Andy's Two Cents

Notes and thoughts from our director.

Wall$treet Week

 

January 28, 2016

Louis Richard “Lou” Rukeyser was born January 30, 1933 and was best known for starting the popular PBS series Wall$treet Week with Louis Rukeyser in 1970. Rukeyser was the one of four boys with a financial journalist as their father, Merryle Rukeyser (He wrote for the New York Tribune). He graduated from Princeton where he took pride in the fact that his roommate was Wayne Rogers who would go on to play “Trapper John” on the hit tv series M.A.S.H. Rukeyser spent the next eleven years as a political and foreign correspondent for the Baltimore Sun newspapers. He then moved to ABC television as economics correspondent and commentator. He left ABC in 1973.

In 1970 Wall$treet Week was the first tv show that focused on Wall Street and the economy. Rukeyser was admired for a combination of that tailored blue suit, white haired charm, plainspokenness, and most importantly his ability to simplify the arcane workings of the stock market to his millions of viewers. He was named by People as the only sex symbol of “the dismal science” of economics, Rukeyser won numerous awards and honors over his lifetime. On his weekly show he always had a panel of financial leaders, and the show ran like a round table of educated discussion where everyone behaved and listened with respect. Nothing like this exists today. Some of our favorite investment gentlemen that came on his show were Peter Lynch, John Templeton, William Shreyer, Alan Greenspan, Paul Samuelson and many more.

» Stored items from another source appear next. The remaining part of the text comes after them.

//! A step of the reading.

ghost use Rattle.ix_spelling_laws.specs.Reading.Machine.{step, final, start};
ghost use Rattle.std.specs.Prelude.{◌≡◌, [], None};
ghost use Rattle.ix_reader.specs.Views.{Gives, lexeme_of, phase_of, work_of, state_of};

use crate::factors::{attribute_called, inserted, marked_factor, no_frame, start_factor};
use crate::machine::{Head, Lexeme, Phase, State, Work};
use crate::read_fault::ReadFault;
use crate::rules::{
    begin_rule, behind_ixml, name_read, next_rule, open_rule, start_rule, stop_read, version_read,
};
use crate::sets::{end_member, member_or_end, range_ends, range_or_end, set_opens, start_member};
use crate::terms::{end_item, start_alt, term_ends};
use ix_model::{Grammar, Text};
use sqlite_items::Items;
use std::alloc::Global;

/// A grammar of which nothing was read yet.
pub fn no_head(alloc: Global) -> Head
    ensures { result ≡ record { version = None; rules = []; mark = None; name = [] } }
{
    Head {
        version: None,
        rules: Items::new(alloc),
        mark: None,
        name: Text {
            chars: Vec::new(alloc),
        },
    }
}

/// Before the first token.
pub fn start(alloc: Global) -> State
    ensures { state_of result ≡ start }
{
    State {
        phase: Phase::Begin,
        work: Work {
            head: no_head(alloc),
            top: no_frame(alloc),
            below: Items::new(alloc),
        },
    }
}

/// Behind one more token; `gap` says whether spacing stands before it.
pub fn step(alloc: Global, state: State, gap: bool, lexeme: Lexeme) -> Result<State, ReadFault>
    ensures { Gives state_of result (step (phase_of state.phase) (work_of state.work) gap (lexeme_of lexeme)) }
{
    let State { phase, work } = state;
    match phase {
        Phase::Begin => begin_rule(alloc, work, lexeme),
        Phase::Ixml => behind_ixml(alloc, work, gap, lexeme),
        Phase::VersionNext => version_read(work, gap, lexeme),
        Phase::PrologStop => stop_read(work, lexeme),
        Phase::RuleStart => start_rule(alloc, work, lexeme),
        Phase::RuleNext => next_rule(alloc, work, gap, lexeme),
        Phase::RuleMarked => name_read(work, lexeme),
        Phase::RuleNamed => open_rule(alloc, work, lexeme),
        Phase::AltStart => start_alt(alloc, work, lexeme),
        Phase::Want => start_factor(alloc, work, lexeme),
        Phase::Marked(tmark) => marked_factor(alloc, tmark, work, lexeme),
        Phase::AtMarked => attribute_called(work, lexeme),
        Phase::Inserting => inserted(work, lexeme),
        Phase::Excluding(tmark) => set_opens(alloc, tmark, work, lexeme),
        Phase::SetStart(part) => member_or_end(part, work, lexeme),
        Phase::MemberNext(part) => start_member(part, work, lexeme),
        Phase::BoundRead(part, bound) => range_or_end(alloc, part, bound, work, lexeme),
        Phase::RangeTo(part, low) => range_ends(part, low, work, lexeme),
        Phase::MemberRead(part) => end_member(part, work, lexeme),
        Phase::ItemRead(item) => end_item(alloc, item, work, lexeme),
        Phase::TermRead => term_ends(alloc, work, lexeme),
    }
}

/// The grammar, where the tokens may end here.
pub fn finish(state: State) -> Result<Grammar, ReadFault>
    ensures { Gives (λ g. g) result (final (phase_of state.phase) (work_of state.work)) }
{
    let State { phase, work } = state;
    match phase {
        Phase::RuleNext => Ok(Grammar {
            version: work.head.version,
            rules: work.head.rules,
        }),
        _ => Err(ReadFault::NotIxml),
    }
}
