//! Factors: what each token does where one begins, and what becomes of one that is complete.

ghost use Rattle.std.specs.Prelude.{Bool, ◌≡◌, ◌++◌, ◌∷◌, [], IfOk, Some};
ghost use Rattle.ix_spelling_laws.specs.Reading.Machine.{factor_done, no_frame, with_term, opened, start_factor, mark_for, marked_factor, step, at_marked, inserting};
ghost use Rattle.ix_model.specs.declared.grammar.Factor.{Lit};
ghost use Rattle.ix_reader.specs.Views.{Gives, lexeme_of, frame_of, part_of, work_of, state_of};

use crate::machine::{Frame, Hole, Lexeme, Part, Phase, State, Work};
use crate::read_fault::ReadFault;
use ix_model::{Chars, Factor, Mark, TMark, Term};
use sqlite_items::Items;
use std::alloc::{AllocError, Global};

/// Alternatives of which nothing was read yet.
pub fn no_frame(alloc: Global) -> Frame
    ensures { frame_of result ≡ no_frame }
{
    Frame {
        alts: Items::new(alloc),
        terms: Items::new(alloc),
        hole: Hole::Item,
    }
}

/// A set of which nothing but the marks was read yet.
pub fn no_part(alloc: Global, tmark: Option<TMark>, exclude: bool) -> Part
    ensures { part_of result ≡ record { tmark = tmark; exclude = exclude; members = [] } }
{
    Part {
        tmark,
        exclude,
        members: Items::new(alloc),
    }
}

/// The open alternative with one more term.
pub fn with_term(frame: Frame, term: Term) -> Result<Frame, AllocError>
    ensures { IfOk result (λ f. frame_of f ≡ with_term (frame_of frame) term) }
{
    let Frame {
        alts,
        mut terms,
        hole: _,
    } = frame;
    terms.push(term)?;
    Ok(Frame {
        alts,
        terms,
        hole: Hole::Item,
    })
}

/// Behind a factor: it is an item, or the separator of the item before it.
pub fn factor_done(work: Work, factor: Factor) -> Result<State, ReadFault>
    ensures { Gives state_of result (Some (factor_done (work_of work) factor)) }
{
    let Work { head, top, below } = work;
    let Frame { alts, terms, hole } = top;
    let rest = Frame {
        alts,
        terms,
        hole: Hole::Item,
    };
    let (phase, top) = match hole {
        Hole::Item => (Phase::ItemRead(factor), rest),
        Hole::StarOf(item) => {
            let sep = Some(factor);
            (Phase::TermRead, with_term(rest, Term::Star { item, sep })?)
        }
        Hole::PlusOf(item) => {
            let sep = Some(factor);
            (Phase::TermRead, with_term(rest, Term::Plus { item, sep })?)
        }
    };
    Ok(State {
        phase,
        work: Work { head, top, below },
    })
}

/// Behind an opening parenthesis.
#[tactic(auto, using(crate::proofs::Views::frames_push))]
fn opened(alloc: Global, work: Work) -> Result<Work, AllocError>
    ensures { IfOk result (λ w. work_of w ≡ opened (work_of work)) }
{
    let Work {
        head,
        top,
        mut below,
    } = work;
    below.push(top)?;
    Ok(Work {
        head,
        top: no_frame(alloc),
        below,
    })
}

/// A literal without a mark is complete, or with this one.
fn literal_done(work: Work, tmark: Option<TMark>, chars: Chars) -> Result<State, ReadFault>
    ensures { Gives state_of result (Some (factor_done (work_of work) (Lit tmark chars))) }
{
    factor_done(work, Factor::Lit { tmark, chars })
}

/// Where a factor begins.
pub fn start_factor(alloc: Global, work: Work, lexeme: Lexeme) -> Result<State, ReadFault>
    ensures { Gives state_of result (start_factor (work_of work) (lexeme_of lexeme)) }
{
    let phase = match lexeme {
        Lexeme::Word(name) => return factor_done(work, Factor::Call { mark: None, name }),
        Lexeme::Quote(text) => return literal_done(work, None, Chars::Quoted(text)),
        Lexeme::Hex(digits) => return literal_done(work, None, Chars::Code(digits)),
        Lexeme::OpenGroup => {
            return Ok(State {
                phase: Phase::AltStart,
                work: opened(alloc, work)?,
            });
        }
        Lexeme::At => Phase::AtMarked,
        Lexeme::Caret => Phase::Marked(TMark::Shown),
        Lexeme::Dash => Phase::Marked(TMark::Deleted),
        Lexeme::Plus => Phase::Inserting,
        Lexeme::Tilde => Phase::Excluding(None),
        Lexeme::OpenSet => Phase::SetStart(no_part(alloc, None, false)),
        _ => return Err(ReadFault::NotIxml),
    };
    Ok(State { phase, work })
}

/// The mark of a call that is written as the mark of a literal.
fn mark_for(tmark: TMark) -> Mark
    ensures { result ≡ mark_for tmark }
{
    match tmark {
        TMark::Shown => Mark::Element,
        TMark::Deleted => Mark::Hidden,
    }
}

/// Behind `^` or `-` before a factor.
pub fn marked_factor(
    alloc: Global,
    tmark: TMark,
    work: Work,
    lexeme: Lexeme,
) -> Result<State, ReadFault>
    ensures { Gives state_of result (marked_factor tmark (work_of work) (lexeme_of lexeme)) }
{
    let phase = match lexeme {
        Lexeme::Quote(text) => return literal_done(work, Some(tmark), Chars::Quoted(text)),
        Lexeme::Hex(digits) => return literal_done(work, Some(tmark), Chars::Code(digits)),
        Lexeme::Word(name) => {
            let mark = Some(mark_for(tmark));
            return factor_done(work, Factor::Call { mark, name });
        }
        Lexeme::Tilde => Phase::Excluding(Some(tmark)),
        Lexeme::OpenSet => Phase::SetStart(no_part(alloc, Some(tmark), false)),
        _ => return Err(ReadFault::NotIxml),
    };
    Ok(State { phase, work })
}

/// Behind `@` before a call.
pub fn attribute_called(work: Work, lexeme: Lexeme) -> Result<State, ReadFault>
    ensures { (gap : Bool) → Gives state_of result (step at_marked (work_of work) gap (lexeme_of lexeme)) }
{
    match lexeme {
        Lexeme::Word(name) => {
            let mark = Some(Mark::Attribute);
            factor_done(work, Factor::Call { mark, name })
        }
        _ => Err(ReadFault::NotIxml),
    }
}

/// Behind the `+` of an insertion.
pub fn inserted(work: Work, lexeme: Lexeme) -> Result<State, ReadFault>
    ensures { (gap : Bool) → Gives state_of result (step inserting (work_of work) gap (lexeme_of lexeme)) }
{
    let chars = match lexeme {
        Lexeme::Quote(text) => Chars::Quoted(text),
        Lexeme::Hex(digits) => Chars::Code(digits),
        _ => return Err(ReadFault::NotIxml),
    };
    factor_done(work, Factor::Insert { chars })
}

All good things do come to an end or as Rukeyser would say “Trees can’t grow to the sky” (usually in regards to the inevitability of the market going up and down), and in 2002 Rukeyser left Wall$treet Week due to a dispute where network executives wanted younger Fox channel hosts to take over his position, he was only 69. The competition from the “talking head” channels like CNBC were causing Wall$treet Week to attempt to make changes to try to keep up with ratings of competitors. However as soon as Rukeyser left, the show collapsed as viewers missed their familiar face and voice of reason of 32 years. The main kernel of knowledge to take with you from the days of men such as Louis Rukeyser was to stop focusing so much on short term thinking and really focus on the long term. Investment professionals who are independent from the big institutions, who have time and experience under their belts are the ones to listen to during times of fear. The minute you turn the channel to CNBC and Jim Cramer, we lose you to the constant chaos of instant gratification that today’s investors are obsessed with.

The night of the 1987 crash, Louis Rukeyser spoke these words at his opening that still ring true to this day: “Okay let’s start with what’s really important tonight: It’s just your money, not your life. Everybody who really loved you a week ago still loves you tonight. That’s a heck of a lot more important than the numbers on your brokerage statement. The robins will sing, the crocuses will bloom, babies will gurgle and puppies will curl up in your lap and drift happily to sleep even as the stock market goes temporarily insane. Now that that’s all fully in perspective let me say OUCH & Eeekk & ‘Medic’!”.